Requirement:
Return each line below holding the string "storage".

Excerpted records:

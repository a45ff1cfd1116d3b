//! Iterators for writing, on all small boards and some larger ones in both orders: what they write, also where they are
//! dropped early, and that nothing else changes. No clause says
//! what a board holds after a loop that wrote through one.
use grid::{Grid, Order};
use std::alloc::Global;
use std::process::Abort;
use std::test::Fail;
use test_support::fixtures::{ORDERS, SIZES};

// Boards whose lines across the storage have several cells of other lines between theirs, and long ones.
const LARGER: [(usize, usize); 3] = [(5, 8), (1, 40), (40, 1)];

// How many cells of a line are written: some, or all.
const COUNTS: [usize; 5] = [0, 1, 2, 3, 50];

// The number at a position, another at each.
fn number((row, col): (usize, usize)) -> u32 {
    (row % 50 * 50 + col % 50) as u32
}

// The number at a position once the first `rows` rows and the first `cols` columns are written, `count` cells of each.
fn written(at: (usize, usize), (rows, cols): (usize, usize), count: usize) -> u32 {
    let by_row = if at.0 < rows && at.1 < count {
        10_000
    } else {
        0
    };
    let by_col = if at.1 < cols && at.0 < count {
        1_000_000
    } else {
        0
    };
    number(at).wrapping_add(by_row).wrapping_add(by_col)
}

// Whether a board of this size has those numbers.
fn holds(grid: &Grid<u32>, size: (usize, usize), lines: (usize, usize), count: usize) -> bool {
    for row in 0..size.0 {
        for col in 0..size.1 {
            if grid.get(row, col) != Some(&written((row, col), lines, count)) {
                return false;
            }
        }
    }
    grid.size() == size
}

// Adds 10,000 to the first `count` cells of a row.
fn write_row(grid: &mut Grid<u32>, row: usize, count: usize) {
    if row < grid.rows() {
        for cell in grid.iter_row_mut(row).take(count) {
            *cell = cell.wrapping_add(10_000);
        }
    }
}

// Adds 1,000,000 to the first `count` cells of a column.
fn write_col(grid: &mut Grid<u32>, col: usize, count: usize) {
    if col < grid.cols() {
        for cell in grid.iter_col_mut(col).take(count) {
            *cell = cell.wrapping_add(1_000_000);
        }
    }
}

// Writes row by row, then column by column.
fn are_written(grid: &mut Grid<u32>, (rows, cols): (usize, usize), count: usize) -> bool {
    let mut held = true;
    for row in 0..rows {
        write_row(grid, row, count);
        held = held && holds(grid, (rows, cols), (row.saturating_add(1), 0), count);
    }
    for col in 0..cols {
        write_col(grid, col, count);
        held = held && holds(grid, (rows, cols), (rows, col.saturating_add(1)), count);
    }
    held
}

// Numbers the cells in storage order, by the call and by reference.
fn are_numbered(grid: &mut Grid<u32>) -> bool {
    let mut next = 100u32;
    for cell in grid.iter_mut() {
        *cell = next;
        next = next.wrapping_add(1);
    }
    for cell in &mut *grid {
        *cell = cell.wrapping_mul(7);
    }
    let mut want = 100u32;
    for cell in grid.flatten() {
        if *cell != want.wrapping_mul(7) {
            return false;
        }
        want = want.wrapping_add(1);
    }
    true
}

fn check(rt: &impl Abort, alloc: Global, size: (usize, usize), order: Order) -> Result<(), Fail> {
    for count in COUNTS {
        let mut grid = Grid::from_fn_with_order(alloc, size.0, size.1, order, |at| number(at))?;
        let lines = are_written(&mut grid, size, count);
        let all = are_numbered(&mut grid);
        for (at, cell) in grid.indexed_iter_mut() {
            *cell = number(at);
        }
        let again = holds(&grid, size, (0, 0), 0);
        assert!(rt; lines && all && again, "{count} of {size:?} in {order:?}");
    }
    Ok(())
}

fn check_orders(rt: &impl Abort, alloc: Global, size: (usize, usize)) -> Result<(), Fail> {
    for order in ORDERS {
        check(rt, alloc, size, order)?;
    }
    Ok(())
}

#[test]
fn writes_nothing_else(rt: HostRuntime) -> Result<(), Fail> {
    for size in SIZES {
        check_orders(&rt, rt.alloc(), size)?;
    }
    for size in LARGER {
        check_orders(&rt, rt.alloc(), size)?;
    }
    Ok(())
}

Solution to the problem:
// Boards whose lines across the storage have several cells of other lines between theirs, and long ones.
// Numbers the cells in storage order, by the call and by reference.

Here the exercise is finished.